EXERCISE:
Below are entries. Copy exactly the lines running from the line that holds "lines of a text." to the line that holds "const HEADER: &[u8]", with both ends included.

DATASET CONTENT:

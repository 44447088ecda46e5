//! The lines of a text.

ghost use Rattle.std.specs.Prelude.{◌≡◌, ◌↔◌, ◌∷◌, ◌++◌, IfSome, IfNone, IsTrue};
ghost use Rattle.adya_line.specs.Meaning.Lines.{IsPlain};
ghost use Rattle.ssi_durable.specs.Meaning.Lines.{HasHeader, ends_loads, header, is_comment, whole_lines};

use itoa::Buffer;
use memchr::memchr;

/// What stands before the number in the first line of a segment.
const HEADER: &[u8] = b"# ssi log 1 segment ";

/// Returns the bytes before the first line feed, and what follows it. `None` if there is none.
pub fn first_line(bytes: &[u8]) -> Option<(&[u8], &[u8])>
    ensures some { IfSome result (λ r. IsPlain r.0.now × (bytes.now ≡ r.0.now ++ (10 ∷ r.1.now))) }
    ensures none { IfNone result (IsPlain bytes.now) }
{
    let at = memchr(b'\n', bytes)?;
    Some((&bytes[..at], &bytes[at + 1..]))
}

/// Returns whether the line makes no step.
pub(crate) fn is_comment(line: &[u8]) -> bool
    ensures { result ≡ is_comment line.now }
{
    matches!(line, [b'#', ..])
}

/// Returns whether the line ends the loads of a segment.
pub(crate) fn ends_loads(line: &[u8]) -> bool
    ensures { result ≡ ends_loads line.now }
{
    line == b"# loaded".as_slice()
}

/// Returns whether the first line of the text is that of this segment.
pub(crate) fn has_header(text: &[u8], number: u32) -> bool
    ensures { IsTrue result ↔ HasHeader number (whole_lines text.now) }
{
    match first_line(text) {
        Some((line, _)) => is_header(line, number),
        None => false,
    }
}

/// Returns whether the line is the first one of this segment.
fn is_header(line: &[u8], number: u32) -> bool
    ensures { IsTrue result ↔ (line.now ≡ header number) }
{
    match line.strip_prefix(HEADER) {
        Some(rest) => rest == Buffer::new().format(number).as_bytes(),
        None => false,
    }
}
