//! Laws of lines, each proved as the contract of a function that changes nothing.

ghost use Rattle.std.specs.Prelude.{◌≡◌, ◌++◌, ℕ, List, true, false};
ghost use Rattle.std.specs.List.{All, AllByRecursion};
ghost use Rattle.adya_line.specs.Meaning.Lines.{IsPlain};
ghost use Rattle.adya_text.specs.Meaning.Texts.{with_ends};
ghost use Rattle.ssi_store.specs.Meaning.Courses.{Course};
ghost use Rattle.ssi_hub.specs.Clauses.Calls.{Call};
ghost use Rattle.ssi_durable.specs.Meaning.Lines.{torn, whole_lines};
ghost use Rattle.ssi_log.specs.Meaning.Texts.{text_of};
ghost use Rattle.ssi_log.specs.Machinery.Standing.{disk_of};
ghost use Rattle.ssi_durable.specs.Meaning.Lives.{AreLives, IsKept, IsLife};
ghost use Rattle.ssi_durable.specs.Meaning.EarlyLives.{AreEarlyLives, EarlyLife, IsEarlyKept, IsEarlyLife};
ghost use Rattle.ssi_durable.specs.Clauses.Serving.{Began};
ghost use Rattle.ssi_durable.specs.Mirror.Servers.{Serves, log_of};
ghost use Rattle.ssi_durable.specs.Meaning.Replays.{Replays};

use crate::Server;
use sqlite_disk::Disk;
use ssi_line::ProtocolStore;
use ssi_line::laws::lines_ask_for_one_thing;

/// A text is its whole lines, each with a line feed, and then what is torn; and no other lines make it.
pub fn texts_fall_into_lines()
    ensures parts { (text : List ℕ) → text ≡ with_ends (whole_lines text) ++ torn text }
    ensures whole { (text : List ℕ) → All IsPlain (whole_lines text) }
    ensures unfinished { (text : List ℕ) → IsPlain (torn text) }
    ensures only { (lines : List (List ℕ)) (rest : List ℕ) → All IsPlain lines → IsPlain rest
        → whole_lines (with_ends lines ++ rest) ≡ lines }
{}

/// The same lines lead from a course to one course at most. So a log determines the course that its store stands for after
/// a recovery, and with it each reply to the lines that follow.
pub fn replays_lead_to_one_course()
    ensures { (start : Course) (lines : List (List ℕ)) (a b : Course) → Replays start lines a → Replays start lines b → a ≡ b }
{
    lines_ask_for_one_thing();
}

/// Whatever lives a server has had, one after the other: all lines on which something rests that was written to a connection
/// in one of them are left at the end, and each step up to the last one that was written is the defined one after some of the
/// lines that are left, from the first one on.
pub fn lives_keep_what_was_told()
    ensures { (lines : List (List ℕ)) (lives : List (List Call)) (left : List (List ℕ)) → AreLives lines lives left
        → AllByRecursion (IsKept left) lives }
{}

/// The same if of all replies only `committed` waits for the disk: all lines on which a reply `committed` rests that was written to
/// a connection are left at the end, and it is the defined one after some of the lines that are left. Each other step is the
/// defined one after some of the lines that were carried out in its life and those from which that started: a crash may take
/// away lines on which a reply rests that was written before any later `committed` to the same connection.
pub fn early_lives_keep_commits()
    ensures { (lines : List (List ℕ)) (lives : List EarlyLife) (left : List (List ℕ)) → AreEarlyLives lines lives left
        → AllByRecursion (IsEarlyKept left) lives }
{}

/// Whenever a server ends, by a crash or otherwise, the lines that are left in the file of its segment end a life: that of the
/// calls since it has begun the segment.
pub fn crashes_end_lives<S: ProtocolStore + Drop, D: Disk>(server: &Server<S, D>)
    ensures synced { (n : ℕ) (began : Began) (calls : List Call) (file : List ℕ) → began.early ≡ false
        → Serves S.keeps S.is_at n began server.now calls → D.may_leave (disk_of (log_of server.now)) file
        → (since : List Call) × (calls ≡ since ++ began.before) × IsLife began.lines since (whole_lines (text_of file)) }
    ensures early { (n : ℕ) (began : Began) (calls : List Call) (file : List ℕ) → began.early ≡ true
        → Serves S.keeps S.is_at n began server.now calls → D.may_leave (disk_of (log_of server.now)) file
        → (since : List Call) × (calls ≡ since ++ began.before)
        × IsEarlyLife began.lines (record { before = began.before; calls = since }) (whole_lines (text_of file)) }
{
    let _server = server;
}
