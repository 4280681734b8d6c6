// The opening call (document 01, section The book): a day is judged, and the count and all balances are set to zero.
#![tactic(auto)]

ghost use Rattle.std.specs.Prelude.{◌≡◌};
ghost use Rattle.history.specs.Results.{left_open, opened};

use book::{Book, Done};
use days::Date;

// The opening of a book on a day. Refused, it returns day 20000101 and count 0 and leaves the balances.
pub fn open(calendar: &[u32], tables: &[u32], balances: &mut [u64], day: u32) -> Done
    ensures { (left_open result balances.new ≡ opened calendar.now tables.now balances.old day)
        × (result.claims ≡ 0) }
{
    if let Err(refusal) = judging::judge_opening(calendar, tables, balances, day) {
        let first = Book {
            day: Date::FIRST.0,
            count: 0,
        };
        return Done::refused(refusal, first);
    }
    book::clear(balances);
    Done {
        number: 0,
        book: Book { day, count: 0 },
        claims: 0,
    }
}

WRITTEN ANSWER:
//! The lines of a text.

ghost use Rattle.std.specs.Prelude.{◌≡◌, ◌↔◌, ◌∷◌, ◌++◌, IfSome, IfNone, IsTrue};
ghost use Rattle.adya_line.specs.Meaning.Lines.{IsPlain};
ghost use Rattle.ssi_durable.specs.Meaning.Lines.{HasHeader, ends_loads, header, is_comment, whole_lines};

use itoa::Buffer;
use memchr::memchr;

/// What stands before the number in the first line of a segment.
const HEADER: &[u8] = b"# ssi log 1 segment ";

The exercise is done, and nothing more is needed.